# Java Client Proxy Skript



## gkwloki (20. Okt 2010)

Hallo werte Forum Mitglieder,

ich komme mal gleich zum Punkt:

Wir benutzen in unserer Firma ein Proxyscript, dass je nach dem in welchem Segment der Rechner sich befindet, diesen zu einem bestimmten Proxy umleitet.

Das sieht dann etwa so aus:

function FindProxyForURL(url, host)
{

if(isInNet(myIpAddress(),"10.0.161.0","255.255.255.0")) {"return proxy1-1:80";}


return "proxy1-2:80";
}


Das funktioniert auch alles mit dem IE und FF.

Leider funktioniert es nicht, wenn der Java Client ins Spiel kommt. Wenn der Rechner im 10.0.161.0er Segment ist, geht der Java Client trotzdem über den proxy1-2. Das führt dann unweigerlich zu Fehlern, weil der proxy1-2 aus dem 161er Segment nicht erreichbar ist.

Warum kommt der Java Client nicht mit dem "isInNet(myIpAddress..." Befehl klar'?

MFG


----------



## XHelp (20. Okt 2010)

Was soll das für eine Sprache sein und in wie fern hat das was mit IE und FF zu tun? oO


----------



## gkwloki (20. Okt 2010)

Hallo,

an sich ist die Sprach von Proxyscripten doch Java,oder?

Diesen Befehl habe ich beim Stöbern im Internet gefunden.
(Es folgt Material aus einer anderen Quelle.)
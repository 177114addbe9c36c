//! The ticket lock for callers that keep their own state, and wait outside its functions.

ghost use Rattle.sound_run.specs.declared.lock_kind.LockKind.TheVariants.{Ticket};
ghost use Rattle.word_rule.specs.Passes.{view_of_hold, state_of_hold};
ghost use Rattle.ticket_lock.specs.{Callers.{IsCallerOf, state_of_caller}, Passes.IsHoldOf};

use crate::caller::TicketCaller;
use crate::cell::TicketCell;
use event_log::SeqObject;
use word_rule::{Hold, LockCell, Polled, PolledCell, Progress, Tried};

impl<O: SeqObject> PolledCell<O> for TicketCell<O> {
    type Hold = Hold<O>;

    type Caller = TicketCaller<O>;

    ghost kind_of = { λ _. Ticket };

    ghost is_hold_of = { IsHoldOf };

    ghost is_caller_of = { IsCallerOf };

    ghost hold_view = { view_of_hold };

    ghost hold_state = { state_of_hold };

    ghost state_of = { state_of_caller };

    fn acquire_step(&self, caller: TicketCaller<O>) -> (TicketCaller<O>, Option<Progress>) {
        match caller {
            TicketCaller::Idle(pass) => (
                TicketCaller::Drawn(self.draw(pass)),
                Some(Progress::Stepped),
            ),
            TicketCaller::Drawn(drawn) => match self.look(drawn) {
                Ok(hold) => (TicketCaller::Holding(hold), Some(Progress::Found)),
                Err(drawn) => (TicketCaller::Drawn(drawn), Some(Progress::Looked)),
            },
            other => (other, None),
        }
    }

    fn release_step(&self, caller: TicketCaller<O>) -> (TicketCaller<O>, Option<Progress>) {
        match caller {
            TicketCaller::Holding(hold) => (
                TicketCaller::Idle(self.serve(hold)),
                Some(Progress::Left),
            ),
            other => (other, None),
        }
    }

    fn poll_acquire(&self, caller: TicketCaller<O>) -> Polled<Hold<O>, TicketCaller<O>> {
        match caller {
            TicketCaller::Idle(pass) => match self.arrive(pass) {
                Ok(hold) => Polled::Held(hold, true),
                Err(drawn) => Polled::Waits(TicketCaller::Drawn(drawn)),
            },
            TicketCaller::Drawn(drawn) => match self.look(drawn) {
                Ok(hold) => Polled::Held(hold, true),
                Err(drawn) => Polled::Waits(TicketCaller::Drawn(drawn)),
            },
            other => Polled::Refused(other),
        }
    }

    fn poll_try_acquire(&self, caller: TicketCaller<O>) -> Tried<Hold<O>, TicketCaller<O>> {
        match caller {
            TicketCaller::Idle(pass) => match self.try_acquire(pass) {
                Ok(hold) => Tried::Held(hold),
                Err(pass) => Tried::Busy(TicketCaller::Idle(pass)),
            },
            other => Tried::Refused(other),
        }
    }

    fn poll_release(&self, hold: Hold<O>) -> (TicketCaller<O>, bool) {
        (TicketCaller::Idle(self.serve(hold)), true)
    }
}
Das hat insofern mit dem IE und FF zu tun, als das alle drei (IE,FF und JavaClient) einen Proxy benötigen, um Inhalte anzuzeigen.
Der IE und der FF kann den oben genannten Befehl korrekt interpretieren. Der Java Client nicht, und daher meine Frage,warum nicht, bzw. hab ich dort etwas falsch gemacht, über das die Browser "hinwegschauen", der Java Client aber nicht?


----------



## SlaterB (20. Okt 2010)

google-Suche 'function FindProxyForURL' führt zu
Proxy Auto-Config ? Wikipedia
da gehts um JavaScript, das hat wenig mit Java zu tun,

aber generell wird das in einem JavaScript-Forum vielleicht auch nicht besser beantwortet werden können,
du musst irgendwo jemanden mit Proxy-Kenntnissen finden, was immer das ist, vielleicht antwortet auch hier jemand


----------